Foucault, Bourdieu et la question néolibérale par Christian Laval
Christian Laval propose une étude comparée de Foucault et
 Bourdieu deux intellectuels ayant le même mentor, Georges Canguilhem, tous deux
 contemporains de la vague néolibérale des années 80, mais qui à travers deux
 démarches intellectuelles antagonistes (ils ne se citent jamais), s'interrogent
 sur le caractère nouveau de la pensée libérale.
            
            
            Le
 néolibéralisme : plus qu'une réaffirmation du libéralisme : une
 refondation
            L'objectif
 du libéralisme, c'est l'établissement d'une société garantissant à l'individu
 la capacité d'assouvir ses intérêts propres. Pour cela, le XIX ème siècle a
 choisi la voie de « l'autorégulation du marché » dont la Grande
 Dépression des années30 a dévoilé les failles. Le libéralisme s'est alors
 refondé, sous l'impulsion d'auteurs comme Raymond Barre pour qui la fonction de
 l’État se réduit au maintien d'un cadre normatif permettant la
 concurrence : c'est l'ordo-libéralisme.
            La
 concurrence : un dogme que l'on retrouve dans tous les espaces de la
 société
            Pour Michel
 Foucault, la « spécificité néolibérale », c'est ce cadre juridique,
 fruit d'une intervention gouvernementale : le marché n'est plus considéré
 comme étant à l'origine des sociétés, il est issu d'un processus. Autre
 nouveauté, ce cadre a pour répondant un « sujet qui se vit comme une
 entreprise », c'est à dire que l'individu ne subit pas la norme, il s'y
 intègre et s'en fait le relais (les indicateurs comparatifs nous amènent à nous
 « penser en concurrence » au quotidien).
            L'auteur
 précise que Foucault, loin de se rallier au néolibéralisme, essaye d'expliquer
 en quoi  les « pratiques de liberté » participent d'une nouvelle
 forme de gouvernance. Celle-ci reposerait sur l'articulation d'espaces qui
 « enferment », où la norme s'impose (l'école) avec un espace de
 liberté, où l'individu, bien que libre, se régule lui-même, ayant intériorisé
 la norme de la concurrence. Ainsi pour lui le néolibéralisme est une réponse à
 une crise politique amorcée dans les années 60 en plus d'être une réponse à la
 crise économique de 1973.
            L'avènement
 de la science économique comme autorité intellectuelle
            Pierre
 Bourdieu propose quant à lui une analyse scientifique du néolibéralisme comme
 produit d'un rapport de force au sein du champ intellectuel. Le néolibéralisme
 s'est imposé grâce à la haute fonction publique, la « main droite de
 l’État » convertie aux idéaux du marché.

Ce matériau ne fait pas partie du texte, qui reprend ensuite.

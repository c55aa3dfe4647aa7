//! The lowest typing rule that each node of a declaration or a type breaks.

ghost use Rattle.std.specs.Prelude.{◌≡◌, ℕ, map, ◌<◌};
ghost use Rattle.std.specs.List.{list_any};
ghost use Rattle.upc_types.specs.View.{view, view_base};
ghost use Rattle.upc_types.specs.ViewStructs.{view_structs};
ghost use Rattle.typing_rules.specs.layer.Views.{view_formed, view_signature};
ghost use Rattle.typing_rules.specs.Constants as known;
ghost use Rattle.typing_rules.specs.Nodes as nodes;
ghost use Rattle.typing_rules.specs.Nodes.{view_attr};
ghost use Rattle.typing_rules.specs.Attributes.{Facts};
ghost use Rattle.typing_rules.specs.Rules as r;
ghost use Rattle.typing_rules.specs.Rules.{lowest};

use crate::conversion::converts;
use crate::rules::has_no_size;
use block_layout::limits;
use typing_rules::constants::constant_of;
use typing_rules::types::{is_array, is_lock, is_nested, is_no_object, is_shared, is_struct, leaf};
use typing_rules::{Attr, Constant, Formed, Signature, SizeOperator};
use upc_types::{Base, CType, Structs};

/// The specifiers of a declaration or of members.
pub fn specifies(forms: bool) -> Option<u8>
    ensures { (φ : Facts) → result ≡ lowest φ (nodes.Specifies forms) }
{
    if forms { None } else { Some(4) }
}

fn is_block_size(k: Constant) -> bool
    ensures { result ≡ r.is_block_size k }
{
    match k {
        Constant::Known(v) => 0 <= v && v <= i128::from(limits::SHARED_BYTES),
        _ => false,
    }
}

/// The brackets of a layout.
pub fn block(a: &Attr) -> Option<u8>
    ensures { (φ : Facts) → result ≡ lowest φ (nodes.Block (view_attr a.now)) }
{
    if is_block_size(a.constant) {
        None
    } else {
        Some(5)
    }
}

/// `[*]`, where it may stand or not.
pub fn star_block(declares: bool) -> Option<u8>
    ensures { (φ : Facts) → result ≡ lowest φ (nodes.StarBlock declares) }
{
    if declares { None } else { Some(5) }
}

fn is_undefined(k: Constant) -> bool
    ensures { result ≡ known.is_undefined k }
{
    matches!(k, Constant::Undefined)
}

/// An expression where a constant is asked for.
pub fn constantly(a: &Attr) -> Option<u8>
    ensures { (φ : Facts) → result ≡ lowest φ (nodes.Constantly (view_attr a.now)) }
{
    if is_undefined(constant_of(a)) {
        Some(32)
    } else {
        None
    }
}

fn is_no_array_size(k: Constant) -> bool
    ensures { result ≡ r.is_no_array_size k }
{
    match k {
        Constant::Known(v) => v < 1,
        _ => true,
    }
}

fn any_is_no_size(sizes: &[Constant]) -> bool
    ensures { result ≡ list_any r.is_no_array_size sizes.now }
{
    for k in sizes {
        if is_no_array_size(*k) {
            return true;
        }
    }
    false
}

fn declares_nothing(t: &CType) -> bool
    ensures { result ≡ r.declares_nothing (view t.now) }
{
    is_no_object(leaf(&t.base))
}

fn base_lacks_members(structs: &Structs, base: &Base) -> bool
    ensures { result ≡ r.base_lacks_members (view_structs structs.now) (view_base base.now) }
{
    match base {
        Base::Struct(_) => !structs.is_complete(base),
        _ => false,
    }
}

/// Whether the element type is a struct that is not complete.
pub fn lacks_members(structs: &Structs, t: &CType) -> bool
    ensures { result ≡ r.lacks_members (view_structs structs.now) (view t.now) }
{
    base_lacks_members(structs, leaf(&t.base))
}

/// A member of a struct that is a function with this result.
pub fn member_function(forms: bool, t: &CType) -> Option<u8>
    ensures { (φ : Facts) → result ≡ lowest φ (nodes.MemberFunction forms (view t.now)) }
{
    if !forms || is_lock(t) {
        Some(4)
    } else if is_shared(t) {
        Some(7)
    } else {
        Some(8)
    }
}

/// The file, with its function main or without it.
pub fn file(main: bool) -> Option<u8>
    ensures { (φ : Facts) → result ≡ lowest φ (nodes.File main) }
{
    if main { None } else { Some(3) }
}

fn any_is_struct(types: &[CType]) -> bool
    ensures { result ≡ list_any r.is_struct_type (map view types.now) }
{
    for t in types {
        if is_struct(t) {
            return true;
        }
    }
    false
}

fn passes_struct(s: &Signature) -> bool
    ensures { result ≡ r.passes_struct (view_signature s.now) }
{
    is_struct(&s.result) || any_is_struct(s.parameters.as_slice())
}

/// A function that is declared.
pub fn declares_function(again: bool, forms: bool, s: &Signature) -> Option<u8>
    ensures { (φ : Facts) → result ≡ lowest φ (nodes.DeclaresFunction again forms (view_signature s.now)) }
{
    if again {
        Some(2)
    } else if !forms || is_lock(&s.result) {
        Some(4)
    } else if is_shared(&s.result) {
        Some(7)
    } else if passes_struct(s) {
        Some(11)
    } else {
        None
    }
}

/// A function that is defined.
pub fn defines(again: bool, differs: bool, forms: bool, s: &Signature) -> Option<u8>
    ensures { (φ : Facts) → result ≡ lowest φ (nodes.Defines again differs forms (view_signature s.now)) }
{
    if again {
        Some(2)
    } else if !forms || is_lock(&s.result) {
        Some(4)
    } else if is_shared(&s.result) {
        Some(7)
    } else if differs || passes_struct(s) {
        Some(11)
    } else {
        None
    }
}

fn is_too_large(structs: &Structs, t: &CType) -> bool
    ensures { result ≡ r.is_too_large (view_structs structs.now) (view t.now) }
{
    match structs.layout_of(&t.base) {
        Some(_) => false,
        None => structs.is_complete(&t.base),
    }
}

fn has_wrong_dimensions(t: &Formed) -> bool
    ensures { result ≡ r.has_wrong_dimensions (view_formed t.now) }
{
    any_is_no_size(t.sizes.as_slice()) || t.sizes.len() > 3
}

fn has_wrong_sizes(structs: &Structs, t: &Formed) -> bool
    ensures { result ≡ r.has_wrong_sizes (view_structs structs.now) (view_formed t.now) }
{
    has_wrong_dimensions(t) || is_too_large(structs, &t.ctype)
}

/// A size operator on a type.
pub fn size_of_type(structs: &Structs, op: SizeOperator, t: &Formed) -> Option<u8>
    ensures { (threads : ℕ) → result
        ≡ lowest (record { structs = view_structs structs.now; threads = threads })
        (nodes.SizeOfType op (view_formed t.now)) }
{
    if !t.forms || is_lock_leaf(&t.ctype) {
        Some(4)
    } else if has_wrong_sizes(structs, t) {
        Some(6)
    } else if has_no_size(structs, op, &t.ctype) {
        Some(21)
    } else {
        None
    }
}

/// Whether a shared object of this type holds a pointer to a private object.
pub fn shares_private(structs: &Structs, t: &CType) -> bool
    ensures { result ≡ r.shares_private (view_structs structs.now) (view t.now) }
{
    is_shared(t) && structs.holds_private(&t.base)
}

fn is_lock_leaf(t: &CType) -> bool
    ensures { result ≡ r.is_lock_leaf (view t.now) }
{
    matches!(leaf(&t.base), Base::LockObject)
}

/// A member of a struct.
pub fn member(structs: &Structs, again: bool, t: &Formed) -> Option<u8>
    ensures { (threads : ℕ) → result
        ≡ lowest (record { structs = view_structs structs.now; threads = threads })
        (nodes.Member again (view_formed t.now)) }
{
    if !t.forms || declares_nothing(&t.ctype) {
        Some(4)
    } else if has_wrong_sizes(structs, t) {
        Some(6)
    } else if is_shared(&t.ctype) {
        Some(7)
    } else if again || lacks_members(structs, &t.ctype) || t.sizes.len() > 1 {
        Some(8)
    } else {
        None
    }
}

/// An object that is declared.
pub fn declares_object(structs: &Structs, again: bool, file: bool, t: &Formed) -> Option<u8>
    ensures { (threads : ℕ) → result
        ≡ lowest (record { structs = view_structs structs.now; threads = threads })
        (nodes.DeclaresObject again file (view_formed t.now)) }
{
    if again {
        Some(2)
    } else if !t.forms || declares_nothing(&t.ctype) {
        Some(4)
    } else if has_wrong_sizes(structs, t) {
        Some(6)
    } else if is_shared(&t.ctype) && !file {
        Some(7)
    } else if lacks_members(structs, &t.ctype) || shares_private(structs, &t.ctype) {
        Some(8)
    } else {
        None
    }
}

/// A parameter.
pub fn parameter(structs: &Structs, again: bool, t: &Formed) -> Option<u8>
    ensures { (threads : ℕ) → result
        ≡ lowest (record { structs = view_structs structs.now; threads = threads })
        (nodes.Parameter again (view_formed t.now)) }
{
    if again {
        Some(2)
    } else if !t.forms || declares_nothing(&t.ctype) {
        Some(4)
    } else if has_wrong_dimensions(t) {
        Some(6)
    } else if is_shared(&t.ctype) && !is_array(&t.ctype) {
        Some(7)
    } else if is_array(&t.ctype) && lacks_members(structs, &t.ctype) {
        Some(8)
    } else {
        None
    }
}

/// Whether a list in braces may initialise an object of this type.
pub fn is_list_type(t: &CType) -> bool
    ensures { result ≡ r.is_list_type (view t.now) }
{
    is_array(t) && !is_nested(t) && !is_shared(t)
}

/// Whether a value is no constant expression.
pub fn is_variable(a: &Attr) -> bool
    ensures { result ≡ r.is_variable (view_attr a.now) }
{
    matches!(constant_of(a), Constant::Variable)
}

/// An initialiser without braces, of an object or of what is none.
pub fn initial_value(file: bool, object: bool, t: &CType, a: &Attr) -> Option<u8>
    ensures { (φ : Facts) → result ≡ lowest φ (nodes.InitialValue file object (view t.now) (view_attr a.now)) }
{
    if object && ((file && is_variable(a)) || is_array(t) || is_struct(t)) {
        Some(9)
    } else if !(object && converts(a, t)) {
        Some(12)
    } else {
        None
    }
}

Le champ intellectuel a été
 pénétré par la science économique (notamment par l'école de Chicago) qui s'est
 progressivement substituée au droit public, et à la philosophie politique, les
 disciplines traditionnelles de la « science de l’État ». « La
 main gauche de l’État » (les agents des ministères
 « dépensiers ») résiste à cette érection de la science économique
 comme autorité, faisant de l’État un champ de lutte au résultat indéterminé.
            Si Bourdieu
 s'engage publiquement dans les grèves de 1995 (ce qui lui a valu la critique
 d'avoir troqué sa position de scientifique objectif contre celle du militant
 politique) c'est, selon Christian Laval, par ce qu'il a compris que le
 « nomos économique tendait à pénétrer tous les champs de la société »,
 ce qui conduirait à terme à une inhibition de la création artistique et à terme
 de toute pensée intellectuelle, au nom de la « logique de marché ».